Corn and Corn Silage Dry Down Rates

Richard Taylor, Extension Agronomist; rtaylor@udel.edu

I was asked this week about how fast corn dries down. The first question was about corn silage. Actual dry down rate varies depending on factors such as air temperature, solar radiation/day length (whether in August, early- or late-September, or October), hybrid, soil moisture levels, and a host of other factors. Most sources report an average drying rate of 0.5 percentage points per day during the month of September although the average rate by year has varied from 0.4 to 0.7 percent per day. If you look at the daily dry down rate within a given year, the rate varies tremendously from as little as 0% per day to as much as 1% in a given day. So for silage even though the average rate is 0.5% per day since making good silage is so dependent on having just the right amount of moisture so the silage will pack well and will ferment properly, you will need to watch your corn very carefully and do frequent checks to ensure the corn does not get too dry.
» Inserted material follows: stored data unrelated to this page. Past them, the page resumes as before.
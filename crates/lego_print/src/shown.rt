/// How universes are printed: with the values of their levels, where a level variable has
/// the item at its number, and 0 behind the end; or with their levels hidden.
#[derive(Clone, Copy)]
pub enum Shown<'a> {
    Least(&'a [u64]),
    Hidden,
}
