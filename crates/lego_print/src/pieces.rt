//! Pieces of texts. Each call adds one to a text.
ghost use Rattle.std.specs.Prelude.{◌≡◌, ◌++◌, if◌then◌else◌, codes, decimal, [], OnOk};
ghost use Rattle.lego_print.specs.Names.{name_text};
ghost use Rattle.lego_print.specs.Refusals.{place_text};
ghost use Rattle.lego_print.specs.Texts.{sign_text, argument_sign, level_text};
ghost use Rattle.lego_term.specs.Levels.{node_value};

use crate::shown::Shown;
use itoa::Buffer;
use lego_base::{Names, Place};
use lego_term::{Level, Mark};
use std::alloc::AllocError;

/// The text of a name, or nothing where the number is not held.
pub(crate) fn name_text(names: &Names, name: u32) -> &[u8]
    ensures { result.now ≡ name_text names.now name }
{
    if name < names.len() {
        names.text(name)
    } else {
        b""
    }
}

/// Adds the decimal digits of a number.
pub(crate) fn push_number(text: &mut Vec<u8>, number: u64) -> Result<(), AllocError>
    ensures { OnOk result (text.new.items ≡ text.old.items ++ decimal number) }
{
    let mut digits = Buffer::new();
    text.extend_from_slice(digits.format(number).as_bytes())
}

/// Adds a place: its line, a colon, its column.
pub(crate) fn push_place(text: &mut Vec<u8>, place: Place) -> Result<(), AllocError>
    ensures { OnOk result (text.new.items ≡ text.old.items ++ place_text place) }
{
    push_number(text, u64::from(place.line))?;
    text.extend_from_slice(b":")?;
    push_number(text, u64::from(place.column))
}

/// Adds a piece and a number.
pub(crate) fn push_counted(text: &mut Vec<u8>, piece: &[u8], number: u32) -> Result<(), AllocError>
    ensures { OnOk result (text.new.items ≡ text.old.items ++ (piece.now ++ decimal number)) }
{
    text.extend_from_slice(piece)?;
    push_number(text, u64::from(number))
}

/// Adds the bytes where the condition holds.
pub(crate) fn push_if(text: &mut Vec<u8>, condition: bool, bytes: &[u8]) -> Result<(), AllocError>
    ensures { OnOk result (text.new.items ≡ text.old.items ++ (if condition then bytes.now else [])) }
{
    if condition {
        text.extend_from_slice(bytes)
    } else {
        Ok(())
    }
}

/// The sign between the name of a binder and its domain.
pub(crate) fn sign(mark: Mark) -> &'static [u8]
    ensures { result.now ≡ sign_text mark }
{
    match mark {
        Mark::Plain => b":",
        Mark::Implicit => b"|",
    }
}

/// Adds what stands between a function and its argument.
pub(crate) fn push_argument_sign(text: &mut Vec<u8>, mark: Mark) -> Result<(), AllocError>
    ensures { OnOk result (text.new.items ≡ text.old.items ++ argument_sign mark) }
{
    match mark {
        Mark::Plain => text.extend_from_slice(b" "),
        Mark::Implicit => text.extend_from_slice(b"|"),
    }
}

/// The value of a node: of a variable, or 0 for no variable.
pub(crate) fn node_value(values: &[u64], base: Option<u32>) -> u64
    ensures { result ≡ node_value values.now base }
{
    match base {
        None => 0,
        Some(variable) => values.get(variable as usize).copied().unwrap_or(0),
    }
}

/// Adds a universe.
pub(crate) fn push_level(
    text: &mut Vec<u8>,
    levels: Shown<'_>,
    level: Level,
) -> Result<(), AllocError>
    ensures { OnOk result (text.new.items ≡ text.old.items ++ level_text levels.entry level) }
{
    match levels {
        Shown::Hidden => text.extend_from_slice(b"Type"),
        Shown::Least(values) => {
            let value = u128::from(node_value(values, level.base)) + u128::from(level.plus);
            let mut digits = Buffer::new();
            text.extend_from_slice(b"Type(")?;
            text.extend_from_slice(digits.format(value).as_bytes())?;
            text.extend_from_slice(b")")
        }
    }
}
For grain, a number of factors impact the rate of dry down and these include weather, hybrid, maturity group, planting date, accumulated growing degree days or heat units, and husk and ear characteristics such as husk leaf number, thickness, and tightness of wrap and ear position (drop) and length protruding from husk. By far the most impact occurs with the type of weather we experience in any given fall. In years when the weather is cool and rainy, dry down will be very slow, perhaps less than 0.3% per day. In years where we have warm days, dry conditions, and plenty of sunlight, kernel dry down can reach 1% per day.

Dr. Bob Nielsen with Purdue University has studied the many factors involved in corn dry down and reports that the average daily dry down rate can range from about 0.8 percentage points per day for corn that nears black layer (physiological maturity) in late August to about 0.4 percentage points per day for corn that does not reach maturity until mid- to late-September. Although monitoring grain moisture loss is not quite as critical as with corn silage, we do know that harvest losses do increase as grain moisture falls below about 18 to 22%. With grain prices quite high, minimizing losses by harvesting when grain moisture is still slightly high can pay a healthy premium as can making adjustments to your combine to ensure the most efficient grain recovery possible.